▶ [Exercise brief]: Search through the entries for the word "another" and copy every line that has it.

Stored dataset items
━━━━━━━━━━━━━━━━

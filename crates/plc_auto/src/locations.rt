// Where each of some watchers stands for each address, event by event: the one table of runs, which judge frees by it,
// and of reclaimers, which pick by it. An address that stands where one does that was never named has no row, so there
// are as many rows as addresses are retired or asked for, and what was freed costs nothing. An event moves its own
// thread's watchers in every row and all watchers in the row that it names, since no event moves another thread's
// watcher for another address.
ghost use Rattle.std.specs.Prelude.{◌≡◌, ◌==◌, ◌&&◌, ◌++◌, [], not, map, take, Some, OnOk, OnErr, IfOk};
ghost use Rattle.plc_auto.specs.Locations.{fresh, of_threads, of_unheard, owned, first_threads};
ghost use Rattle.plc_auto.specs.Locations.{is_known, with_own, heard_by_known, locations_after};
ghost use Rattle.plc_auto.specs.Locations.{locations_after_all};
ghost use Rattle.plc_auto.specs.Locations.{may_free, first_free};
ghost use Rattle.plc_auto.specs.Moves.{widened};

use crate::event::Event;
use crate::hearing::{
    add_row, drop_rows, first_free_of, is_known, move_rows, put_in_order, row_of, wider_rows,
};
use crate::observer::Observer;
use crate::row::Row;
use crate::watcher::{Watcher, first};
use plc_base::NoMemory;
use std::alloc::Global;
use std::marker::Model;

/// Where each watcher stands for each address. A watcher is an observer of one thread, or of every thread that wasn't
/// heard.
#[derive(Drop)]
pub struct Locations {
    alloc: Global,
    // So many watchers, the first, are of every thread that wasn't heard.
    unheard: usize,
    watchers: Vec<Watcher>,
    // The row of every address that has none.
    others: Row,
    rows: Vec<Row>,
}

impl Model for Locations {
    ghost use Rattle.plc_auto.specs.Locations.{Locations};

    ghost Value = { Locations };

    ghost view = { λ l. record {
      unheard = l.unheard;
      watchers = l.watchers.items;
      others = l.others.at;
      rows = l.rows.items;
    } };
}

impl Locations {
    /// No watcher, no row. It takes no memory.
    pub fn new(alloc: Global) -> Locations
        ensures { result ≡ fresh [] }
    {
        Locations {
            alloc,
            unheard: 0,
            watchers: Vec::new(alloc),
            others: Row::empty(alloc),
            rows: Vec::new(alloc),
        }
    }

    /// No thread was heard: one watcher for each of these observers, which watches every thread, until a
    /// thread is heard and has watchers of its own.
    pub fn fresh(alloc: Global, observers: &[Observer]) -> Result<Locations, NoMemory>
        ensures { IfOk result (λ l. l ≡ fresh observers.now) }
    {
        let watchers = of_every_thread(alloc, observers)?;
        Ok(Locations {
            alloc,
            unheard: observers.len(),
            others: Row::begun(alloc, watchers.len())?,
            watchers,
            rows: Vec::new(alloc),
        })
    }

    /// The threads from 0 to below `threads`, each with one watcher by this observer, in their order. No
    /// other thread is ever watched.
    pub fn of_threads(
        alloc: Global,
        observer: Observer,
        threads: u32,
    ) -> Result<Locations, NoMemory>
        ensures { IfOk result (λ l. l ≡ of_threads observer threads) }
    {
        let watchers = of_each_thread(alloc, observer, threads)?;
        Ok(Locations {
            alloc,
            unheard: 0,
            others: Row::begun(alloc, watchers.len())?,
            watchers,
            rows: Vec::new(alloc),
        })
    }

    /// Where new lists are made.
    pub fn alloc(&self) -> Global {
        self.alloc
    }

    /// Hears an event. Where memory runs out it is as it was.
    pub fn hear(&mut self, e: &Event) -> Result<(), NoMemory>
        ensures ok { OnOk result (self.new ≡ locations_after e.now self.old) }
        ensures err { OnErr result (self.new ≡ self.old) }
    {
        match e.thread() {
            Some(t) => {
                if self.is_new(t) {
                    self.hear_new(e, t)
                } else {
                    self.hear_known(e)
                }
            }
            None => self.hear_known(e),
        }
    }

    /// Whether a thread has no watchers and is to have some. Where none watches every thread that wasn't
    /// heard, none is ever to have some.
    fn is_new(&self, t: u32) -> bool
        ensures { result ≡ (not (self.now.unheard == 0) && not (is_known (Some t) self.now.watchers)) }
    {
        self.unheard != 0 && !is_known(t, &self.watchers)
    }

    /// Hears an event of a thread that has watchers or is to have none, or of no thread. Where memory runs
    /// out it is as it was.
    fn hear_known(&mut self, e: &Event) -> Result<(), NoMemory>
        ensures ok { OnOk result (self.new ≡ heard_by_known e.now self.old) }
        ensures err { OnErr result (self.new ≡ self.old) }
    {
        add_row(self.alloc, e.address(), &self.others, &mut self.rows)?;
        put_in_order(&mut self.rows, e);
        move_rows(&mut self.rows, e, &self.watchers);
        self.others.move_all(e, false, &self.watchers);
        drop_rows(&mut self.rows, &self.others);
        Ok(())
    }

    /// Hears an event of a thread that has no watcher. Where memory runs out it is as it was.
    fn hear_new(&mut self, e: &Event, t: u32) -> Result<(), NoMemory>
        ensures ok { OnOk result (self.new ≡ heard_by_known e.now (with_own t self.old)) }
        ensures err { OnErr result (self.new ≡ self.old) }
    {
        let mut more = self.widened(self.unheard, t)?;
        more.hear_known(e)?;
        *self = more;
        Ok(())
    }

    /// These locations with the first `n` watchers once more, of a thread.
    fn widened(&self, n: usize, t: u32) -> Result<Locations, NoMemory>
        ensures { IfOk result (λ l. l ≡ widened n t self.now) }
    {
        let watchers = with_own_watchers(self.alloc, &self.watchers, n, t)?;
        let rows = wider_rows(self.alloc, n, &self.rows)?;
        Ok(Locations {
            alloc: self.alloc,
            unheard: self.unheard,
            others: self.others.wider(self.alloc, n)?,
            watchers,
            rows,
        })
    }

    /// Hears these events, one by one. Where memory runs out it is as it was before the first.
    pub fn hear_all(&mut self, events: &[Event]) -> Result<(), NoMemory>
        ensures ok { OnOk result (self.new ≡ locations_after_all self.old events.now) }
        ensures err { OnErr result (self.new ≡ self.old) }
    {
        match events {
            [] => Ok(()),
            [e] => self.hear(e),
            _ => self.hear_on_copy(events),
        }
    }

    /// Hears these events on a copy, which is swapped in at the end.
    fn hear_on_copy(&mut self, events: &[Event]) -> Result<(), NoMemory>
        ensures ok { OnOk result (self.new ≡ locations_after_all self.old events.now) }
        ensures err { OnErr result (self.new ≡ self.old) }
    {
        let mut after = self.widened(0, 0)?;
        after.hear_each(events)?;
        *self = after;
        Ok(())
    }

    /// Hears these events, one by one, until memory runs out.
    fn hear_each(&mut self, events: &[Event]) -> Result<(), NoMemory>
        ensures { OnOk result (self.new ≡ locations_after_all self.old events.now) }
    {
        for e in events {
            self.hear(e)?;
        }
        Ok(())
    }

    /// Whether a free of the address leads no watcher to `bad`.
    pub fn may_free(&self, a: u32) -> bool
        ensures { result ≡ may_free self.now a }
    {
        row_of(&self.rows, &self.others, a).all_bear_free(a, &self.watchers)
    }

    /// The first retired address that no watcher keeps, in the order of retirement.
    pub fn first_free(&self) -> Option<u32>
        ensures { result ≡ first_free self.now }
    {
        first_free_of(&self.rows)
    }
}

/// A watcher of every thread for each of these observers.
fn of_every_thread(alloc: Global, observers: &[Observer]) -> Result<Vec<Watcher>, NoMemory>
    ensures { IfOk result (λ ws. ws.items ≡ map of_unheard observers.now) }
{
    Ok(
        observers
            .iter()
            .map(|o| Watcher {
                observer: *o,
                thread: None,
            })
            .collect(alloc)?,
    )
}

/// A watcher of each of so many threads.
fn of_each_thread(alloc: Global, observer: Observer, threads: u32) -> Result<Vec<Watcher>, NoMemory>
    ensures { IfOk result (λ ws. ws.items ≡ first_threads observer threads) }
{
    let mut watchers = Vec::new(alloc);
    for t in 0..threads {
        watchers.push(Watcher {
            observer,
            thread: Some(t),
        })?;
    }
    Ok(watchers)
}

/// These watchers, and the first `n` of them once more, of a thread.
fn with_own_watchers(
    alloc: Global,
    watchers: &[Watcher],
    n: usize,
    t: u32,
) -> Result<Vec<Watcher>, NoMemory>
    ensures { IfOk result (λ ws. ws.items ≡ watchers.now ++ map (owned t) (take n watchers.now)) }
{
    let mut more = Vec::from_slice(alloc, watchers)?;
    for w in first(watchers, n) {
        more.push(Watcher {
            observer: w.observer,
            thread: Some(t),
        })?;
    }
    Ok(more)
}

━━━━━━━━━━━━━━━━

▶ [Result below]:
// thread's watchers in every row and all watchers in the row that it names, since no event moves another thread's
// watcher for another address.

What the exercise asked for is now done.